## Exercise description:
Collect from the data below each line with "Explains".

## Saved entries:
....
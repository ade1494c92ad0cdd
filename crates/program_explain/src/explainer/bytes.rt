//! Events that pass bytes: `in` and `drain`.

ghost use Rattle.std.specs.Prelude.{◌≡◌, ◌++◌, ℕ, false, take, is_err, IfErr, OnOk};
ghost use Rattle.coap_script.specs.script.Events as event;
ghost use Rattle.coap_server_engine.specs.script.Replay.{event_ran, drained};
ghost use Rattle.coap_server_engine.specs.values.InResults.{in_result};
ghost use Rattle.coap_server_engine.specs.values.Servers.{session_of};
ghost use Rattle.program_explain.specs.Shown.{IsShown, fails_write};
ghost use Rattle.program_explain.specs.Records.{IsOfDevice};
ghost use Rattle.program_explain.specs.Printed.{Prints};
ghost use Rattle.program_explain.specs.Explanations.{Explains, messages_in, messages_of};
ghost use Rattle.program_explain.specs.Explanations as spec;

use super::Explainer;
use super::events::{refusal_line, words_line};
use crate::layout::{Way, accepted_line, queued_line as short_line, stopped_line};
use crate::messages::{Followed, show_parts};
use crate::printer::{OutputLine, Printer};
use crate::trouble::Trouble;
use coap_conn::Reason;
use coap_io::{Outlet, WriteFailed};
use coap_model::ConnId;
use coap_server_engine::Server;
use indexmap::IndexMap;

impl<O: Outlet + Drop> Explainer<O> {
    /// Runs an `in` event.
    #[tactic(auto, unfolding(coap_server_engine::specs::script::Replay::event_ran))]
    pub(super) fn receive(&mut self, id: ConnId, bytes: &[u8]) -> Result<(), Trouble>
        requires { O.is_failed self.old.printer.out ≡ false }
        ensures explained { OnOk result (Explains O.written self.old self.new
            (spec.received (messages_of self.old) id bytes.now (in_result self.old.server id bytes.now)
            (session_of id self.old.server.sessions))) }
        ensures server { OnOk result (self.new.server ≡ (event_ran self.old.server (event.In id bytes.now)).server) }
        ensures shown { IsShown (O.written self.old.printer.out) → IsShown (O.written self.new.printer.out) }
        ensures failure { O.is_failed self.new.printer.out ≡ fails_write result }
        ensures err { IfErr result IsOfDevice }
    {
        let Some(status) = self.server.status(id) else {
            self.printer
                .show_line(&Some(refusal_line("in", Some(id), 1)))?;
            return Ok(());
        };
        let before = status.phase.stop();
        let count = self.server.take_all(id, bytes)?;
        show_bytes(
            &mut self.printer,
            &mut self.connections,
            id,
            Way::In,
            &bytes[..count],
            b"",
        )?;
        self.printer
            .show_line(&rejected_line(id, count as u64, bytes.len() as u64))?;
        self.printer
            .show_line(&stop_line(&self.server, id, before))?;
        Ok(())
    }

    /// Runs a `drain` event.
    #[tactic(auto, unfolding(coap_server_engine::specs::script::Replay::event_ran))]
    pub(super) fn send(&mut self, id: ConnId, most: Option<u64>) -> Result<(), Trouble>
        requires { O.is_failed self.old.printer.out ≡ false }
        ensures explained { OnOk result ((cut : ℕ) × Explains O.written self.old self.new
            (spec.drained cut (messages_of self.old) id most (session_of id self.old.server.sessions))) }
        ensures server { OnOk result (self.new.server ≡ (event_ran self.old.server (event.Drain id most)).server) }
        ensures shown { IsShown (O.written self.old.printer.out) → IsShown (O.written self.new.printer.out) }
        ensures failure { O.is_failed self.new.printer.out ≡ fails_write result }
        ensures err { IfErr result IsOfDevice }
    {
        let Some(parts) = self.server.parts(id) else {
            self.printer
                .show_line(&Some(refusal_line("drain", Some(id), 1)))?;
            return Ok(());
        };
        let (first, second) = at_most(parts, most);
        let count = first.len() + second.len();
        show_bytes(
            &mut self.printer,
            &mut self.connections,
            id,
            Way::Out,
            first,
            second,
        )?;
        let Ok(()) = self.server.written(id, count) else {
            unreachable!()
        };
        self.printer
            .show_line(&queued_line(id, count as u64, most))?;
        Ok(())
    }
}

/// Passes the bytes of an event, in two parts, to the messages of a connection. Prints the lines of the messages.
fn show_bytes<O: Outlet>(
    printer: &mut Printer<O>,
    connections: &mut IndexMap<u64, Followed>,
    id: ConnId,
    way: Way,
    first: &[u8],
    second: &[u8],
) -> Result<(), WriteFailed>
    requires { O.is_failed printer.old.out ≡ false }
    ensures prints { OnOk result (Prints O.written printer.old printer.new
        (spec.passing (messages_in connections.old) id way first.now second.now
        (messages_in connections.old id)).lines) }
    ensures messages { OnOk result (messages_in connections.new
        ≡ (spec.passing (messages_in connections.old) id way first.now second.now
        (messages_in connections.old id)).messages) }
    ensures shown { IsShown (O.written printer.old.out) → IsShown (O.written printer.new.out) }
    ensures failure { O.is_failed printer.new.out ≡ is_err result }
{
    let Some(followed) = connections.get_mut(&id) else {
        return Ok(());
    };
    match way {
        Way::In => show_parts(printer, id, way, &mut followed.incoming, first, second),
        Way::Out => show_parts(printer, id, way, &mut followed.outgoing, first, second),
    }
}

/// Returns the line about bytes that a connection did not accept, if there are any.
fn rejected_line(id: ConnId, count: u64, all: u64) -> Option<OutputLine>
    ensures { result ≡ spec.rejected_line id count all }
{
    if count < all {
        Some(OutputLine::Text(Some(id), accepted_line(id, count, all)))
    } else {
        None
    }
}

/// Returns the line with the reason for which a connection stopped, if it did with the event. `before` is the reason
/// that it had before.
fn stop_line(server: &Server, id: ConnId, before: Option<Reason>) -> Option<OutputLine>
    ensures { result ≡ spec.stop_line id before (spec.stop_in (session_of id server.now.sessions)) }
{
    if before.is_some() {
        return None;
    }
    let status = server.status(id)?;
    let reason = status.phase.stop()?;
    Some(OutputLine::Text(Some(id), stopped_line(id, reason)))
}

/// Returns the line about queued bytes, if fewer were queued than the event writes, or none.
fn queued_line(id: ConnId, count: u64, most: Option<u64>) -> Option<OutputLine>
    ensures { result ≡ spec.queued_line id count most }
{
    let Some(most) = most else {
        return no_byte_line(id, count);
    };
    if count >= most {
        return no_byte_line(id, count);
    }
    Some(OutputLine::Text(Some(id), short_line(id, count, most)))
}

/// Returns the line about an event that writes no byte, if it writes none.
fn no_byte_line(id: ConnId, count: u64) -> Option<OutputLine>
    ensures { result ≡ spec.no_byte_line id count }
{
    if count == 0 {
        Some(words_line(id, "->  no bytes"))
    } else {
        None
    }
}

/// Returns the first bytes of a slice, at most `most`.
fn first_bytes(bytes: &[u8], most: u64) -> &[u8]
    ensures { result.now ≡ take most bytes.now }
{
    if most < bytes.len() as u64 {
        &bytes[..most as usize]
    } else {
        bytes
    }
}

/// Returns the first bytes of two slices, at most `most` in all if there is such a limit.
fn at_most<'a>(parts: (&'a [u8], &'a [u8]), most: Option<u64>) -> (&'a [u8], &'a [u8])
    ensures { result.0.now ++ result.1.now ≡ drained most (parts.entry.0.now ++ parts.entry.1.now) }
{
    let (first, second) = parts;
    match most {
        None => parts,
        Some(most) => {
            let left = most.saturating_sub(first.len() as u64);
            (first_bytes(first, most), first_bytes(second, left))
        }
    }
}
....
## Task answer:
ghost use Rattle.program_explain.specs.Explanations.{Explains, messages_in, messages_of};
        ensures explained { OnOk result (Explains O.written self.old self.new
        ensures explained { OnOk result ((cut : ℕ) × Explains O.written self.old self.new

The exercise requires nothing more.